Caleb Franzen, founder of Cubic Analytics, disclosed on March 1 that BTC price returns may surge by 260% from current levels during this cycle, in a post on X.

Franzen highlighted the significance of an ultra-rare Williams%R Oscillator signal, which has appeared only four times in history.

This indicator, analyzed on three-year timeframes, recently surpassed the overbought level, signifying a bullish trend for Bitcoin.

“The 36-month Williams%R Oscillator just closed above the overbought level for the 4th time in history,” Franzen remarked, emphasizing the bullish sentiment.

This oscillator, instrumental in predicting Bitcoin’s recovery from the 2022 bear market lows, is now indicating a potential surge into “overbought” territory above -20, a phenomenon observed only thrice before in 2013, 2016, and 2020.

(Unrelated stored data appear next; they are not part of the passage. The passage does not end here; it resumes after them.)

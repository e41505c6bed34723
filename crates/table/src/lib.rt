// The lent table of places, as definitions: what is asked of its first m places, and what a store leaves. No function: `finds` and
// `counts` look at it, `heads` and `frees` store to it.
#![tactic(auto)]
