// The lent memory, as definitions: what of it is whose, and what a call answers and leaves of it. No function: those are in `relay`.
#![tactic(auto)]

Franzen cautioned against dismissing overbought signals, emphasizing their bullish momentum implications.

READ MORE: Bitcoin Surges to Highest Point in Over Two Years on Institutional Endorsement and ETF Optimism

Despite diminishing returns in each cycle, with 2020 yielding 260%, matching this performance would propel Bitcoin to $180,000.

However, Franzen stressed the unpredictability of market behavior despite historical trends, urging caution in interpreting these signals as guarantees of future performance.

Another bullish indicator, the Relative Strength Index (RSI), has also surged into overbought territory on daily timeframes, reaching levels above 80/100 on Feb. 28.

This follows a reset in late December, preceding Bitcoin’s upward momentum fueled by the launch of spot Bitcoin exchange-traded funds (ETFs) in the United States.

Monthly RSI trends further reinforce the optimism, with the indicator just entering the overbought zone, suggesting potential further upside for Bitcoin.

While indicators point to a bullish trajectory for Bitcoin, Franzen’s cautionary stance underscores the need for prudent interpretation and consideration of market dynamics beyond historical patterns.